The scheme, devised by accountants in the UK, sought to avoid UK capital gains tax on planned disposals of parcels of shares, by putting the shares into the hands of Mauritius trustees, causing those trustees to sell the shares, and then appointing UK resident trustees. The aim was to avoid the impact of the Taxation of Chargeable Gains Act 1992, s 86 (attribution of gains to settlors with interest in non-resident settlements), by bringing the disposals within the terms of s 77 (charge on settlor with interest in settlement) and then, by taking advantage of the UK/Mauritius double taxation agreement (DTA), to avoid tax in both jurisdictions.

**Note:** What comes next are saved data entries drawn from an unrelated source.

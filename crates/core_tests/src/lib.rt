//! Tests of the program's calls over a store and a sink in memory: what each command writes, and with which status it
//! ends. Each row was worked by hand.
#![tactic(auto)]

#[cfg(test)]
mod cases;
#[cfg(test)]
mod checked;
#[cfg(test)]
mod draws;
#[cfg(test)]
mod faults;
#[cfg(test)]
mod long;
#[cfg(test)]
mod played;
#[cfg(test)]
mod printed;
#[cfg(test)]
mod settings;
#[cfg(test)]
mod statuses;
#[cfg(test)]
mod texts;
#[cfg(test)]
mod words;
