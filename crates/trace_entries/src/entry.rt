//! What a line of a trace says.

use abstract_run::Label;
use tap_base::{Bytes, List};

/// What a line of a trace says.
#[derive(Debug, Drop)]
pub enum Entry {
    /// A step of the run.
    Label(Label),
    /// A datagram of the action just told went out.
    Sent {
        to: u32,
        bytes: Bytes,
    },
    /// A node took a datagram of a peer: what its link gave, before any judgement.
    Got {
        from: u32,
        to: u32,
        bytes: Bytes,
    },
    /// How many datagrams of strangers a node dropped.
    Strangers {
        count: u64,
    },
    /// The last value of a variable, one number for each cell.
    Var {
        process: u32,
        var: u32,
        values: List<i64>,
    },
    /// The end of the trace.
    End,
}
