//! What the definitions of entries promise by themselves.

ghost use Rattle.trace_entries.specs.BothWays.{OneEntry, ReadIsWritten, WrittenIsRead};

/// A line is that of at most one entry.
pub fn one_entry()
    ensures { OneEntry }
{}

/// What is written of an entry is read as that entry, unless memory is refused.
pub fn written_is_read()
    ensures { WrittenIsRead }
{}

/// What is read is written as it was.
pub fn read_is_written()
    ensures { ReadIsWritten }
{}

HMRC had succeeded before the Special Commissioners, but that decision was reversed by Mann J on appeal. Allowing HMRC’s further appeal, the Court of Appeal reinstated the decision of the Special Commissioners. The trust was (under Article 4 of the DTA) a resident both of the UK and of Mauritius. The Special Commissioners were entitled, having regard to the carefully orchestrated steps which were taken, and the control of the scheme of management of the trust, to conclude for the purposes of the residence tie-breaker in the DTA that the place of effective management of the trust was in the UK. Consequently, the UK could tax the gains on the disposals.

There are understood to be 95 other cases using the Round the World scheme with total tax at stake of around £70 million.